--- Collected data entries ---
>>
//! Messages are written.

use super::reading::{AS_65001, IPV4_UNICAST, IPV6_UNICAST, reads_as};
use super::*;
use bgp_open::{
    Capability, Notification, NotificationWriteFault, OpenFault, OpenWriteFault, read_notification,
    write_notification, write_open, write_own_open,
};
use bgp_wire::vectors::{ADMINISTRATIVE_SHUTDOWN, BAD_LENGTH_18, OPEN_A};
use linked_list_allocator::LocalHeap;
use std::alloc::{Allocator, Global};
use std::fmt::Display;

/// What is written.
#[derive(Drop)]
enum Message<'a> {
    /// An OPEN of this AS, Hold Time and identifier, with these capabilities.
    Open(u16, u16, u32, &'a [Capability<'a>]),
    Notification(Notification<'a>),
}

/// A message that is to be written.
#[derive(Drop)]
struct Row<'a> {
    lesson: &'static str,
    message: Message<'a>,
    /// The octets that it begins with and how many it has, or the number of its fault.
    wanted: Result<(&'static [u8], usize), u8>,
}

/// One capability whose value has so many octets.
macro_rules! long_capability {
    ($len:expr) => {
        &[Capability {
            code: 9,
            value: &[7; $len],
        }]
    };
}

/// The OPEN whose one capability fills its one parameter: 253 octets of it are capabilities.
const LONGEST_OPEN: Row<'static> = Row {
    lesson: "253 octets of capabilities",
    message: Message::Open(65002, 90, 0xc000_0202, long_capability!(251)),
    wanted: Ok((
        &[
            // marker
            255, 255, 255, 255, 255, 255, 255, 255, 255, 255, 255, 255, 255, 255, 255, 255, 0x01,
            0x1c, // Length: 284
            0x01, // Type: OPEN
            0x04, // version 4
            0xfd, 0xea, // My Autonomous System: 65002
            0x00, 0x5a, // Hold Time: 90
            0xc0, 0x00, 0x02, 0x02, // BGP Identifier: 192.0.2.2
            0xff, // Optional Parameters Length: 255
            0x02, 0xfd, // Capabilities, 253 octets
            0x09, 0xfb, // capability 9, 251 octets
            7, 7,
        ],
        284,
    )),
};

const LONGEST_NOTIFICATION: Row<'static> = Row {
    lesson: "4075 octets of data",
    message: Message::Notification(Notification {
        code: 6,
        subcode: 2,
        detail: &[7; 4075],
    }),
    wanted: Ok((&[], 4096)),
};

static WRITTEN: [Row<'static>; 11] = [
    Row {
        lesson: "router A's OPEN",
        message: Message::Open(
            65001,
            90,
            0xc000_0201,
            &[IPV4_UNICAST, IPV6_UNICAST, AS_65001],
        ),
        wanted: Ok((&OPEN_A, 49)),
    },
    Row {
        lesson: "an OPEN without capabilities has no parameter",
        message: Message::Open(65002, 30, 0xc000_0202, &[]),
        wanted: Ok((
            message![29, 1, 4, 0xfd, 0xea, 0x00, 0x1e, 192, 0, 2, 2, 0],
            29,
        )),
    },
    LONGEST_OPEN,
    Row {
        lesson: "252 octets are too many for a parameter",
        message: Message::Open(65001, 90, 0xc000_0201, long_capability!(252)),
        wanted: Err(1),
    },
    Row {
        lesson: "256 octets have no length",
        message: Message::Open(65001, 90, 0xc000_0201, long_capability!(256)),
        wanted: Err(1),
    },
    Row {
        lesson: "42 capabilities of four octets fill a parameter",
        message: Message::Open(65001, 90, 0xc000_0201, &[IPV4_UNICAST; 42]),
        wanted: Ok((&[], 283)),
    },
    Row {
        lesson: "43 don't",
        message: Message::Open(65001, 90, 0xc000_0201, &[IPV4_UNICAST; 43]),
        wanted: Err(1),
    },
    Row {
        lesson: "a NOTIFICATION with data",
        message: Message::Notification(Notification {
            code: 1,
            subcode: 2,
            detail: &[0x00, 0x12],
        }),
        wanted: Ok((&BAD_LENGTH_18, 23)),
    },
    Row {
        lesson: "a NOTIFICATION without",
        message: Message::Notification(Notification {
            code: 6,
            subcode: 2,
            detail: &[],
        }),
        wanted: Ok((&ADMINISTRATIVE_SHUTDOWN, 21)),
    },
    LONGEST_NOTIFICATION,
    Row {
        lesson: "4076 octets of data",
        message: Message::Notification(Notification {
            code: 6,
            subcode: 2,
            detail: &[7; 4076],
        }),
        wanted: Err(1),
    },
];

/// Appends a message, or tells the number of its fault.
fn write<A: Allocator>(message: &Message<'_>, out: &mut Vec<u8, A>) -> Option<u8> {
    match message {
        Message::Open(my_as, hold, id, capabilities) => {
            match write_open(*my_as, *hold, *id, capabilities, out) {
                Ok(()) => None,
                Err(fault) => Some(fault.number()),
            }
        }
        Message::Notification(notification) => match write_notification(notification, out) {
            Ok(()) => None,
            Err(fault) => Some(fault.number()),
        },
    }
}

/// Whether the octets are read as the message.
fn is_read(message: &Message<'_>, octets: &[u8]) -> bool {
    match message {
        Message::Open(my_as, hold, id, capabilities) => {
            reads_as(octets, (*my_as, *hold, *id), capabilities)
        }
        Message::Notification(notification) => read_notification(octets) == Some(*notification),
    }
}

/// Whether behind the octets 1 and 2 stand those that were to be written, or nothing for a fault.
fn stands_in(out: &[u8], row: &Row<'_>, fault: Option<u8>) -> bool {
    let [1, 2, octets @ ..] = out else {
        return false;
    };
    match (&row.wanted, fault) {
        (Ok((front, len)), None) => {
            octets.starts_with(front) && octets.len() == *len && is_read(&row.message, octets)
        }
        (Err(number), Some(fault)) => *number == fault && octets.is_empty(),
        _ => false,
    }
}

/// Whether what is wanted is written behind the octets 1 and 2.
fn is_written(alloc: Global, row: &Row<'_>) -> bool {
    let Ok(mut out) = Vec::from_slice(alloc, &[1, 2]) else {
        return false;
    };
    let fault = write(&row.message, &mut out);
    stands_in(&out, row, fault)
}

#[test]
fn messages_are_written_and_read_where_they_have_room(rt: HostRuntime) {
    for row in &WRITTEN {
        assert_row(&rt, is_written(rt.alloc(), row), row.lesson);
    }
}

/// Whether the message was written behind the octets 1 and 2 into a small heap. Where memory was
/// refused the vector has to be as before, and else there is no answer.
fn is_whole(heap: &LocalHeap, row: &Row<'_>) -> Option<bool> {
    let Ok(mut out) = Vec::from_slice(heap, &[1, 2]) else {
        return None;
    };
    let fault = write(&row.message, &mut out);
    let is_refused = fault == Some(2) && out.as_slice() == [1, 2].as_slice();
    if is_refused || stands_in(&out, row, fault) {
        Some(!is_refused)
    } else {
        None
    }
}

/// The same in a heap of so many octets.
fn is_whole_in(alloc: Global, size: usize, row: &Row<'_>) -> Option<bool> {
    match LocalHeap::new(alloc, size) {
        Ok(heap) => is_whole(&heap, row),
        Err(_) => None,
    }
}

static LONGEST: [Row<'static>; 2] = [LONGEST_OPEN, LONGEST_NOTIFICATION];

/// Whether a message is refused memory in small heaps, and whole in larger ones.
fn is_refused_and_whole(alloc: Global, row: &Row<'_>) -> bool {
    let (mut is_right, mut refused, mut whole) = (true, false, false);
    // Two octets have room in each heap.
    for step in 4usize..512 {
        match is_whole_in(alloc, 16 * step, row) {
            Some(true) => whole = true,
            Some(false) => refused = true,
            None => is_right = false,
        }
    }
    is_right && refused && whole
}

#[test]
fn a_message_that_is_refused_memory_leaves_the_vector(rt: HostRuntime) {
    for row in &LONGEST {
        assert!(rt; is_refused_and_whole(rt.alloc(), row));
    }
}

/// Whether a system that is configured so appended its OPEN.
fn appends_own<A: Allocator>(parts: &ConfigParts, out: &mut Vec<u8, A>) -> bool {
    match Config::new(*parts) {
        Some(config) => write_own_open(&config, out).is_ok(),
        None => false,
    }
}

/// Whether a heap that has room for two octets and not for an OPEN leaves the two.
fn keeps_two_octets(alloc: Global) -> bool {
    let Ok(heap) = LocalHeap::new(alloc, 64) else {
        return false;
    };
    let Ok(mut out) = Vec::from_slice(&heap, &[1, 2]) else {
        return false;
    };
    !appends_own(&ROUTER_A, &mut out) && out.as_slice() == [1, 2].as_slice()
}

#[test]
fn an_own_open_that_is_refused_memory_leaves_the_vector(rt: HostRuntime) {
    assert!(rt; keeps_two_octets(rt.alloc()));
}

/// Whether the value prints so.
fn prints(alloc: Global, value: &impl Display, text: &str) -> bool {
    match format!(in alloc; "{value}") {
        Ok(printed) => printed.as_str() == text,
        Err(_) => false,
    }
}

/// Whether faults of an OPEN that is read have their words.
fn are_open_faults(alloc: Global) -> bool {
    prints(alloc, &OpenFault::Malformed, "malformed OPEN message")
        && prints(alloc, &OpenFault::Version, "unsupported version number")
        && prints(
            alloc,
            &OpenFault::Parameter,
            "unsupported optional parameter",
        )
}

/// Whether faults of an OPEN that is written have their words and numbers.
fn are_open_write_faults(alloc: Global) -> bool {
    let (too_many, memory) = (OpenWriteFault::TooMany, OpenWriteFault::Memory);
    prints(
        alloc,
        &too_many,
        "too many capabilities for an OPEN message",
    ) && prints(alloc, &memory, "out of memory")
        && too_many.number() == 1
        && memory.number() == 2
}

/// And those of a NOTIFICATION.
fn are_notification_faults(alloc: Global) -> bool {
    let too_large = NotificationWriteFault::TooLarge;
    let memory = NotificationWriteFault::Memory;
    prints(
        alloc,
        &too_large,
        "the data of the NOTIFICATION are too large",
    ) && prints(alloc, &memory, "out of memory")
        && too_large.number() == 1
        && memory.number() == 2
}

#[test]
fn faults_have_their_words_and_numbers(rt: HostRuntime) {
    let alloc = rt.alloc();
    assert!(rt;
        are_open_faults(alloc) && are_open_write_faults(alloc) && are_notification_faults(alloc)
    );
}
<<
--- What to work on ---
Where does the word "value" occur in the data? Copy every line that has it.

--- Result of the task ---
/// One capability whose value has so many octets.
            value: &[7; $len],
/// Whether the value prints so.
fn prints(alloc: Global, value: &impl Display, text: &str) -> bool {
    match format!(in alloc; "{value}") {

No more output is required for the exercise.